= Beginning of Section =

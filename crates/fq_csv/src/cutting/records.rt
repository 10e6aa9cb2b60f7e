//! The records of a file.
ghost use Rattle.std.specs.Prelude.{◌≡◌, false, IfOk, IfErr, OnOk, option_map};
ghost use Rattle.csv.specs.Reading.{default_config, records as records_of, strip_bom};
ghost use Rattle.fq_csv.specs.Records.{StopsBy, Takes};

use crate::cutting::buffers::Buffer;
use crate::cutting::pieces::Pieces;
use crate::faults::ScanFault;
use std::alloc::Global;
use std::io::Read;
use std::marker::Model;

/// The records of a file, taken as texts of some of them. A read that is interrupted is tried again.
#[derive(Drop)]
pub(crate) struct Records<R: Read> {
    buffer: Buffer<R>,
}

impl<R: Read> Model for Records<R> {
    ghost use Rattle.fq_csv.specs.Buffer.{IsSound};
    ghost use Rattle.fq_csv.specs.Records.{Unread, upcoming_of};

    ghost Value = { Unread };

    ghost view = { λ a. record { file = a.buffer.file; upcoming = upcoming_of R.remaining a.buffer; stopped = a.buffer.has_failed } };

    ghost invariant = { λ a. IsSound R.remaining a.buffer };
}

impl<R: Read> Records<R> {
    /// The records of what a reader gives.
    pub(crate) fn new(alloc: Global, reader: R, file: u16) -> Records<R>
        ensures file { result.file ≡ file }
        ensures fresh { result.stopped ≡ false }
        ensures records { result.upcoming ≡ option_map (λ bytes. records_of default_config (strip_bom bytes)) (R.remaining reader) }
    {
        Records {
            buffer: Buffer::new(alloc, reader, file),
        }
    }

    /// The file's number.
    pub(crate) fn file(&self) -> u16
        ensures { result ≡ self.now.file }
    {
        self.buffer.file
    }

    /// Takes the next records, up to so many: their text, and how many they are.
    pub(crate) fn take(&mut self, alloc: Global, wanted: u32) -> Result<(Pieces, u32), ScanFault>
        ensures file { self.new.file ≡ self.old.file }
        ensures goes_on { OnOk result (self.new.stopped ≡ self.old.stopped) }
        ensures failed { IfErr result (StopsBy self.old.file self.new.stopped) }
        ensures taken { IfOk result (λ r. Takes self.old wanted r.0 r.1 self.new) }
    {
        self.buffer.take(alloc, wanted)
    }
}
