//! Numbers of an expression that are read in the notation of what stands beside them.
use crate::expressions::{Binary, Expr, Unary};
use crate::steps::RowStep;
use fq_column::{Memory, Schema};
use fq_notation::{Followed, NamedNotations, Notation, Scale};
use std::alloc::Global;
use std::fmt;
use std::fmt::{Display, Formatter, Write};

/// A number beside decimals or dates, in a sum, a remainder or a comparison: 1000 beside prices with 2 places is 10.00. Its text says so.
#[derive(Clone, Copy)]
pub struct Beside<'a> {
    number: i64,
    // The scale of what stands beside it; none of dates.
    scale: Option<u8>,
    beside: &'a Expr,
}

impl Display for Beside<'_> {
    fn fmt<W: Write>(&self, f: &mut Formatter<W>) -> fmt::Result {
        write!(f, "{}", self.number)?;
        if let Expr::Col(column) = self.beside {
            write!(f, " beside {:?}", column.as_str())?;
        }
        f.write_str(" is ")?;
        let notation = match self.scale {
            Some(scale) => Scale::new(scale).map_or(Notation::Plain, Notation::Decimal),
            None => Notation::Date,
        };
        for byte in notation.text(self.number).iter() {
            f.write_char(char::from(*byte))?;
        }
        Ok(())
    }
}

impl RowStep {
    /// The numbers beside decimals and dates, in order, on columns in these notations. `Memory` if an allocation fails.
    pub fn beside(
        &self,
        alloc: Global,
        schema: &Schema,
        named: &NamedNotations,
    ) -> Result<Vec<Beside<'_>>, Memory> {
        let mut found = Vec::new(alloc);
        match self {
            RowStep::Filter(predicate) => find_beside(predicate, schema, named, &mut found)?,
            RowStep::WithColumns(items) | RowStep::Select(items) => {
                for (_, expression) in items.iter() {
                    find_beside(expression, schema, named, &mut found)?;
                }
            }
        }
        Ok(found)
    }
}

// Finds the numbers beside decimals and dates in an expression.
fn find_beside<'a>(
    expression: &'a Expr,
    schema: &Schema,
    named: &NamedNotations,
    found: &mut Vec<Beside<'a>>,
) -> Result<(), Memory> {
    match expression {
        Expr::One(_, part) => find_beside(part, schema, named, found),
        Expr::Two(op, left, right) => {
            find_beside(left, schema, named, found)?;
            if is_of_one_scale(*op) {
                push_beside(*op, left, right, schema, named, found)?;
                push_beside(*op, right, left, schema, named, found)?;
            }
            find_beside(right, schema, named, found)
        }
        _ => Ok(()),
    }
}

// Adds a number if it stands beside an expression. In a remainder of a date, the number on the right is no date.
fn push_beside<'a>(
    op: Binary,
    number: &'a Expr,
    beside: &'a Expr,
    schema: &Schema,
    named: &NamedNotations,
    found: &mut Vec<Beside<'a>>,
) -> Result<(), Memory> {
    let Some(number) = number_of(number) else {
        return Ok(());
    };
    let Some(followed) = beside.followed(schema, named) else {
        return Ok(());
    };
    let scale = match followed {
        Followed::Numbers(scales) => Some(scales.read().unwrap_or(0)),
        Followed::Days if op == Binary::Mod => return Ok(()),
        Followed::Days => None,
        Followed::Others => Some(0),
    };
    if beside.has_columns() && scale != Some(0) {
        found.push(Beside {
            number,
            scale,
            beside,
        })?;
    }
    Ok(())
}

// Whether the sides of an operation have one scale.
fn is_of_one_scale(op: Binary) -> bool {
    !matches!(
        op,
        Binary::Mul | Binary::FloorDiv | Binary::And | Binary::Or
    )
}

// The number that an expression is.
pub(crate) fn number_of(expression: &Expr) -> Option<i64> {
    match expression {
        Expr::Whole(number) => Some(*number),
        Expr::One(Unary::Neg, part) => number_of(part)?.checked_neg(),
        _ => None,
    }
}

= End of Section =

= WHAT THE TASK ASKS =
An answer is complete only when it holds every line above containing the string "IsSound".

= EXERCISE RESPONSE =
    ghost use Rattle.fq_csv.specs.Buffer.{IsSound};
    ghost invariant = { λ a. IsSound R.remaining a.buffer };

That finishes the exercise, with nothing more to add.